---------- Provided entries ----------

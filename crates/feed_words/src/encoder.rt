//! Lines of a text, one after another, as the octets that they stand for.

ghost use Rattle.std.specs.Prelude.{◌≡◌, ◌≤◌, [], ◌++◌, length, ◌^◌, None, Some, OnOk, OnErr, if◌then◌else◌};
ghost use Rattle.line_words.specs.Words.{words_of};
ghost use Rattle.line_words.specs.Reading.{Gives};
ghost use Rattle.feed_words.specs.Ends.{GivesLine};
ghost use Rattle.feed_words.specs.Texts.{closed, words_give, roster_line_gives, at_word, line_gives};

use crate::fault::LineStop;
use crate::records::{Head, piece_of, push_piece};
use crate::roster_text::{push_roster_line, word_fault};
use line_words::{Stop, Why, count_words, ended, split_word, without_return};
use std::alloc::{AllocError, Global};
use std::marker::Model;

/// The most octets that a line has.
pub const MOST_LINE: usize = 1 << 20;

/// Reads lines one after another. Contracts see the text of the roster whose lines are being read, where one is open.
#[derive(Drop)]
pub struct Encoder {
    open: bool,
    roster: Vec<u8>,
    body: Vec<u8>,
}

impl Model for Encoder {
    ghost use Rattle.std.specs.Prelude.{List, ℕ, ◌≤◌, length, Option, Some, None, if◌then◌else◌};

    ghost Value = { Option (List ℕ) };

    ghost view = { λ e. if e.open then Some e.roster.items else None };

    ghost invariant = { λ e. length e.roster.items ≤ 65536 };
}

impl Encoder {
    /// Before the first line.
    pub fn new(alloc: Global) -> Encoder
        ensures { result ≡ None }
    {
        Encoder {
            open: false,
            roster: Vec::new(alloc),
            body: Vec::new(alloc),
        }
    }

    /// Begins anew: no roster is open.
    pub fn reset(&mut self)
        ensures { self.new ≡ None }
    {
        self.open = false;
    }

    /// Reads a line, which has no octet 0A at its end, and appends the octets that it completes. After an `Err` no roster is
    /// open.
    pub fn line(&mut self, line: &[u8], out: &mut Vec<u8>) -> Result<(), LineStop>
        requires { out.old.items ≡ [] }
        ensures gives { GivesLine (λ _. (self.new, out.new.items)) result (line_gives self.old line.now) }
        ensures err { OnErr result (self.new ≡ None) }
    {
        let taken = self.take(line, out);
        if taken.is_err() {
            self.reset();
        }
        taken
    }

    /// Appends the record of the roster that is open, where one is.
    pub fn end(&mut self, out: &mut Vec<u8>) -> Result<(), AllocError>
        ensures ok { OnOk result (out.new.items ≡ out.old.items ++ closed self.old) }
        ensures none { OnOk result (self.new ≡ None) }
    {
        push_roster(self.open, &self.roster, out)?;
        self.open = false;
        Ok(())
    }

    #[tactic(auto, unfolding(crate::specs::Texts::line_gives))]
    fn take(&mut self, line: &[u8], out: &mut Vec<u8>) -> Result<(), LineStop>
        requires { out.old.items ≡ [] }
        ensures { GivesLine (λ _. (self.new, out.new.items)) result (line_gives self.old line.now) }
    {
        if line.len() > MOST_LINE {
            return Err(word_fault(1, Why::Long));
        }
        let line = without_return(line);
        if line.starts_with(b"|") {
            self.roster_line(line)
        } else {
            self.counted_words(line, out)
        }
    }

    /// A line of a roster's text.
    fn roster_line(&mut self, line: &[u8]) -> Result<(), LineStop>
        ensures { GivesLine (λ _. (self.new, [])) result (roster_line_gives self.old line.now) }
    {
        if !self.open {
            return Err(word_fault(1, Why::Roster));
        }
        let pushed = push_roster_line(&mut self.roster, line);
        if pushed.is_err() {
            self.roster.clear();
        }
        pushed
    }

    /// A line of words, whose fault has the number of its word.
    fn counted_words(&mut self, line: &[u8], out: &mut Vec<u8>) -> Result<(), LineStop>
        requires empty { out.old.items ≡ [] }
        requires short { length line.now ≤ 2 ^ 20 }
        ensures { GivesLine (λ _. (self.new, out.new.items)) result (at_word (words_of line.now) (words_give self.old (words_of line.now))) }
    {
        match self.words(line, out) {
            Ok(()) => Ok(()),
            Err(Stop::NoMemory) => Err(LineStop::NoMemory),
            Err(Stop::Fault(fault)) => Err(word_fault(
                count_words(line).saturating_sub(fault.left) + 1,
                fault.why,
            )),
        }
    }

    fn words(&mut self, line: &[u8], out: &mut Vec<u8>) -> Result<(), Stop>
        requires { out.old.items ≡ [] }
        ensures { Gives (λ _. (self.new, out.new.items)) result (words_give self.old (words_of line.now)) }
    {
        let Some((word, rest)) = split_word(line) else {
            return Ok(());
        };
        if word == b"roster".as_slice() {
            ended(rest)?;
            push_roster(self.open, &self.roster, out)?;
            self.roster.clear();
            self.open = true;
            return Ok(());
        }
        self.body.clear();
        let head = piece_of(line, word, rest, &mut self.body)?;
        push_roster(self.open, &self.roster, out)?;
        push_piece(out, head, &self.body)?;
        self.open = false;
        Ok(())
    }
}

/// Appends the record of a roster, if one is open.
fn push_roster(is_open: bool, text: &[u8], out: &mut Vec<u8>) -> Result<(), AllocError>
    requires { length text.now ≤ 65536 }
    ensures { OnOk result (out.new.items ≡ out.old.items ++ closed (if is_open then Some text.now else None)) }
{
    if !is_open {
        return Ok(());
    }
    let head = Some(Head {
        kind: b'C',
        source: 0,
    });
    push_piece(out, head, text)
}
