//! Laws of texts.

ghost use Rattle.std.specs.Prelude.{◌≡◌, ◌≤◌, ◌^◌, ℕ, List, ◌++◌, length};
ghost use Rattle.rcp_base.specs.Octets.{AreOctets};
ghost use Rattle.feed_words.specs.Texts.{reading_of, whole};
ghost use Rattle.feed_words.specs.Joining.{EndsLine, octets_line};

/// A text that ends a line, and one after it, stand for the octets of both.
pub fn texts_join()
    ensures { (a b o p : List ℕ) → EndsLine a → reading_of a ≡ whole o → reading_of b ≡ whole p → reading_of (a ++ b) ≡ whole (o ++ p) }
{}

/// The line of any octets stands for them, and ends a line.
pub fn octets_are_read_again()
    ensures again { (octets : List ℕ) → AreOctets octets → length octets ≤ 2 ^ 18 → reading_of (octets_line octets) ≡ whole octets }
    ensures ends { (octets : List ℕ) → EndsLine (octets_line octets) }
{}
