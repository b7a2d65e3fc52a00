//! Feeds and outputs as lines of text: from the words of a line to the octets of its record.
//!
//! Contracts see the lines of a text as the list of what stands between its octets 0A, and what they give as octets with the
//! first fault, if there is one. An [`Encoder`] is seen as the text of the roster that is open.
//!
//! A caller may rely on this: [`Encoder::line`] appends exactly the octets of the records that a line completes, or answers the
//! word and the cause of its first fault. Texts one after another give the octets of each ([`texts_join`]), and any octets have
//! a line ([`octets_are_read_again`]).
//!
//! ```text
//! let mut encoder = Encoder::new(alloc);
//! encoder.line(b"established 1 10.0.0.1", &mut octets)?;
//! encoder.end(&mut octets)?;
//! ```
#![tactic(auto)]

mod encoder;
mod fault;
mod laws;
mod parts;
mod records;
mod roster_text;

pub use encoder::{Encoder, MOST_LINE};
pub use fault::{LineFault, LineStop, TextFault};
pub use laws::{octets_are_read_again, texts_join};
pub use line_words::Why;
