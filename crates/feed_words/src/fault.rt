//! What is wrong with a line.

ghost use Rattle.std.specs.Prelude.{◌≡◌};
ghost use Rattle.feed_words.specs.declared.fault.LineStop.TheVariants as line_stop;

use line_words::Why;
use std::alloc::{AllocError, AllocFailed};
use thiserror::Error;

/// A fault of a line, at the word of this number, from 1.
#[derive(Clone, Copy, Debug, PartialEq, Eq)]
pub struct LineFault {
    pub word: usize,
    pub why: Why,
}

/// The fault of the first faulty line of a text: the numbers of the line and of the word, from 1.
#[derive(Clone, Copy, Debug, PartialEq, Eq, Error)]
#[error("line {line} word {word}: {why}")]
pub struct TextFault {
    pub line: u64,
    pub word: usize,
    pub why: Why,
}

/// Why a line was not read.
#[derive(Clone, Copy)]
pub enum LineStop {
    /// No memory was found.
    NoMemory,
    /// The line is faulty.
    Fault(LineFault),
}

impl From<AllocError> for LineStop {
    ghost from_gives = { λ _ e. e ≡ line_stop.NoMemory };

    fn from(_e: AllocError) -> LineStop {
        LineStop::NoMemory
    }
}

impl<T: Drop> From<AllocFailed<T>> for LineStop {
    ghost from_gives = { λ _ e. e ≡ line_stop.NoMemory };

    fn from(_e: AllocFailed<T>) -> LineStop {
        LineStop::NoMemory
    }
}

----------
---------- Provided entries ----------

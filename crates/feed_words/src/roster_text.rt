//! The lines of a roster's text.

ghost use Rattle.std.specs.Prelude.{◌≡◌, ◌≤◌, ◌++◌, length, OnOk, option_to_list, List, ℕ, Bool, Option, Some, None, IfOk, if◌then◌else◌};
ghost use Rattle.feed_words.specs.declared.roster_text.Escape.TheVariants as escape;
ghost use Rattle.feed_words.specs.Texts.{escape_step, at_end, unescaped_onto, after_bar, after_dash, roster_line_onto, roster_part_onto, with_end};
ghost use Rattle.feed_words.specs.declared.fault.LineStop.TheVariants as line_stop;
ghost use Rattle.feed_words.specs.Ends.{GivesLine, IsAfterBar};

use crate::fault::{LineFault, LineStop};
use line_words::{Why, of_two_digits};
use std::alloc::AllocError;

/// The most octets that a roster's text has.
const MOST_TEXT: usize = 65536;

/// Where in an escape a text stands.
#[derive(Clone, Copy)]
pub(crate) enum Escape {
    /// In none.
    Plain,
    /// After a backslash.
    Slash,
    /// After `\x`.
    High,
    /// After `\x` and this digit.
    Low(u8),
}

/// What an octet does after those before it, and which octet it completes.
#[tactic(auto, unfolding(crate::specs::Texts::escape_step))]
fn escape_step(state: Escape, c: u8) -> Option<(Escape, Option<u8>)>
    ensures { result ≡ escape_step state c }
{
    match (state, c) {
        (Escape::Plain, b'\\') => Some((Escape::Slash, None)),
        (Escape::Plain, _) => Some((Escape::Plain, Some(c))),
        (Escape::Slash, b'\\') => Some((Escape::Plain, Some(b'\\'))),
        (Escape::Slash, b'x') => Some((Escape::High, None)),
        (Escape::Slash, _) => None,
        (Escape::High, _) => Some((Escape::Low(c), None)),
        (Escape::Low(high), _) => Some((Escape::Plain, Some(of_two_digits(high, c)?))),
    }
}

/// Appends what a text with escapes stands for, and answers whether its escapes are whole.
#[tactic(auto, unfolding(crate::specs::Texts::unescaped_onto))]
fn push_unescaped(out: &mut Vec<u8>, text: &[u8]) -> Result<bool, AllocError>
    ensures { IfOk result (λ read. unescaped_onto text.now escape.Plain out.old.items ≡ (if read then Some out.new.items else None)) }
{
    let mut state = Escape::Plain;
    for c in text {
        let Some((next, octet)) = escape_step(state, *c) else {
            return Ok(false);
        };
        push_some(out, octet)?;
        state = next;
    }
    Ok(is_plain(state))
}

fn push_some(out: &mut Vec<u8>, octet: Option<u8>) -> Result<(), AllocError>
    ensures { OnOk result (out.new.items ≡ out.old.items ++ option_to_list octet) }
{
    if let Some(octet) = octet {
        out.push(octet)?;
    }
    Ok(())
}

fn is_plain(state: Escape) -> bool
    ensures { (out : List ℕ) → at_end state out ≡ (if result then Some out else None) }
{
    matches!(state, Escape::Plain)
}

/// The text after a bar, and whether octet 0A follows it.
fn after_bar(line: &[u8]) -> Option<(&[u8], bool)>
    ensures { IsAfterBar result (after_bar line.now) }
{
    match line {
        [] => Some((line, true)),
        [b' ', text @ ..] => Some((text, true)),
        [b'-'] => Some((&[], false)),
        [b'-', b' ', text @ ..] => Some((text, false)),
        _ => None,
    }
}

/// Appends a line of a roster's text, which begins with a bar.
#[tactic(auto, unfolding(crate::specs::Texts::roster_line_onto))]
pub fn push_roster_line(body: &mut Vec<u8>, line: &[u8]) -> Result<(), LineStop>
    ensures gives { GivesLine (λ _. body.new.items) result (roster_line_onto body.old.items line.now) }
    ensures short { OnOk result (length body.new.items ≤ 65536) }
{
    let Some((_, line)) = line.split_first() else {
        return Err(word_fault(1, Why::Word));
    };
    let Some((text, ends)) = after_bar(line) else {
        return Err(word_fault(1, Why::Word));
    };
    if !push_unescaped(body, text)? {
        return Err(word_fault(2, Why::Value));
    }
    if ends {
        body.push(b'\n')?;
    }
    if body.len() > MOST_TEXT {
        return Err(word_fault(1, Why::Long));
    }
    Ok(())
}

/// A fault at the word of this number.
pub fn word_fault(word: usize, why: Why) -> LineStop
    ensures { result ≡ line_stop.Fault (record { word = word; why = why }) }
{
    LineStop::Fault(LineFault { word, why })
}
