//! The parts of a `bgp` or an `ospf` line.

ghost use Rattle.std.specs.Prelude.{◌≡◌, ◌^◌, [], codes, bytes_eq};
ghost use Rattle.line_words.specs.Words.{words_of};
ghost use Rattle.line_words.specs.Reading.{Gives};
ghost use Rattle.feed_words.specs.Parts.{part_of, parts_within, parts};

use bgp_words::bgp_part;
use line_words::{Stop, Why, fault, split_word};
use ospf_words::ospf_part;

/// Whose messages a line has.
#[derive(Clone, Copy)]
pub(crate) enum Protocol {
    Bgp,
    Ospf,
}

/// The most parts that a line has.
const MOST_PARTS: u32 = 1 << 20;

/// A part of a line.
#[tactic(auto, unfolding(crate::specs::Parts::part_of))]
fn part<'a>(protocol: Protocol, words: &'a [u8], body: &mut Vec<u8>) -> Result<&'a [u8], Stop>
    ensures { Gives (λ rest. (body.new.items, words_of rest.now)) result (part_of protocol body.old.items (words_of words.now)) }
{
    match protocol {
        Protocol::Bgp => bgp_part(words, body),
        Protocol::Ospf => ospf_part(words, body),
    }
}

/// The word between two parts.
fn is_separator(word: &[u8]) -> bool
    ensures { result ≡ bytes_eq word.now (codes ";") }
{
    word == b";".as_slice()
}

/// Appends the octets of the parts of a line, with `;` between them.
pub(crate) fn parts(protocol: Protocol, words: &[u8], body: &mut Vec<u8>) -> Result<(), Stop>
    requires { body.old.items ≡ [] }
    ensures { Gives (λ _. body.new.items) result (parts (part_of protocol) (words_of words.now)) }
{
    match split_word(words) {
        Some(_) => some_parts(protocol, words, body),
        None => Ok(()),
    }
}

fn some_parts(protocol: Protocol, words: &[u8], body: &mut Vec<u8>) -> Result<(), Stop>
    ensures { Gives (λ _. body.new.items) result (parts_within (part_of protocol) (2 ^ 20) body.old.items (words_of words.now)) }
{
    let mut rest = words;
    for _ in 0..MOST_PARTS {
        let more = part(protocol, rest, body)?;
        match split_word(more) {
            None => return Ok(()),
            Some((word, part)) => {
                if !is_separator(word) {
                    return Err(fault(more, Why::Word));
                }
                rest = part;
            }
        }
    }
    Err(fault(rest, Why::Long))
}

----------
---------- Provided entries ----------

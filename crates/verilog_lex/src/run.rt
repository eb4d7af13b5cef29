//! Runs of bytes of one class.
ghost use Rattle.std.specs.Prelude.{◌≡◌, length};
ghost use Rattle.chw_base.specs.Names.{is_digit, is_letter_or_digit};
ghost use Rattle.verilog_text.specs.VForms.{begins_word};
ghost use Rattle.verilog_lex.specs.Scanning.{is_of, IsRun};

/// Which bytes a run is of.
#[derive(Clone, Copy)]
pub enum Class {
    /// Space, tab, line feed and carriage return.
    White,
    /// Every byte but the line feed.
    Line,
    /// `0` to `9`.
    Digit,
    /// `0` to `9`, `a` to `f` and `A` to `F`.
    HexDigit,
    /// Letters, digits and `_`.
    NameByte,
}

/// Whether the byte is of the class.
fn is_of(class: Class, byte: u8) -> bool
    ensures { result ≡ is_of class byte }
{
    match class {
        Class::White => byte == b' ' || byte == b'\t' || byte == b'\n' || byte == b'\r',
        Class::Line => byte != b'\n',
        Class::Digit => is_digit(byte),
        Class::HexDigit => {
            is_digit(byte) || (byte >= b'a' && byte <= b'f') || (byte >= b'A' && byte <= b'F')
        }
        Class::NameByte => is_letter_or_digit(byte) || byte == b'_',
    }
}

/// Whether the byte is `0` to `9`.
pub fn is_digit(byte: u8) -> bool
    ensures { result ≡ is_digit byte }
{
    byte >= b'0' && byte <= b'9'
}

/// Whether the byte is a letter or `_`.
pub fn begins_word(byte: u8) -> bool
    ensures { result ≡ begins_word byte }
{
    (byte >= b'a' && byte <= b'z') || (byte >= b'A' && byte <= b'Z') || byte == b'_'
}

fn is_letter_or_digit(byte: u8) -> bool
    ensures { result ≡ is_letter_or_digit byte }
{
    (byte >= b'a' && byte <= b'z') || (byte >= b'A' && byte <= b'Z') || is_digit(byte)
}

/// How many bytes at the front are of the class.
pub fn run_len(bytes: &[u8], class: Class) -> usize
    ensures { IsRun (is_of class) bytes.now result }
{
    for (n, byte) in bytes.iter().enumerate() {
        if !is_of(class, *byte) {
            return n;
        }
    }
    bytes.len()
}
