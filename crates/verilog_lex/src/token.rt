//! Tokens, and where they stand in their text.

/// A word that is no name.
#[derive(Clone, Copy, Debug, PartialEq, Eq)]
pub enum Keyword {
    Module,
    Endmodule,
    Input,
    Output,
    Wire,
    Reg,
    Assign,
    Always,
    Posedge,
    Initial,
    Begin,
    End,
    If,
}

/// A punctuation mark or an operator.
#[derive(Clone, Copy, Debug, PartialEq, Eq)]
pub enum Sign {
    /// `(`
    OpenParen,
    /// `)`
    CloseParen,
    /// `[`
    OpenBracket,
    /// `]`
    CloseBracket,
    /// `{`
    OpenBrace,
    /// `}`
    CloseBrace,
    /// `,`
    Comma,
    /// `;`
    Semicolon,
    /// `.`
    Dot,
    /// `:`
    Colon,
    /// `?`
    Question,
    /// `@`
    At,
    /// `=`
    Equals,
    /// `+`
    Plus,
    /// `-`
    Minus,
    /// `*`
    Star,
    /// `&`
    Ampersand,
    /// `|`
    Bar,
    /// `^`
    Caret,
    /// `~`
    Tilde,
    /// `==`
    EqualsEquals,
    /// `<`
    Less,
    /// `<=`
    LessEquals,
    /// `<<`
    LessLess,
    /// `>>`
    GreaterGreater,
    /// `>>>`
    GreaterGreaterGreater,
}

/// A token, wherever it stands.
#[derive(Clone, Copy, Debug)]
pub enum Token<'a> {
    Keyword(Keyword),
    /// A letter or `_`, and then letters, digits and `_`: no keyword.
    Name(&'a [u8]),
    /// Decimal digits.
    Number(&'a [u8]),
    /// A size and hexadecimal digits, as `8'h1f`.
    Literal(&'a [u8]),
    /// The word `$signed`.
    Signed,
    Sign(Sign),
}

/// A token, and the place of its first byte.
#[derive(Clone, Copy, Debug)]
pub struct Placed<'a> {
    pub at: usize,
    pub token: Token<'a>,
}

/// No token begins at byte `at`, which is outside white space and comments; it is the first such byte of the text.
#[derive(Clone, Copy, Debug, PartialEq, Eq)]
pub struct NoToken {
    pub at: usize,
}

----------

* Work request:
List each line of the entries that holds the string "false".

* Solution to this exercise:
            open: false,
        self.open = false;
        self.open = false;
        self.open = false;
            return Ok(false);
        [b'-'] => Some((&[], false)),
        [b'-', b' ', text @ ..] => Some((text, false)),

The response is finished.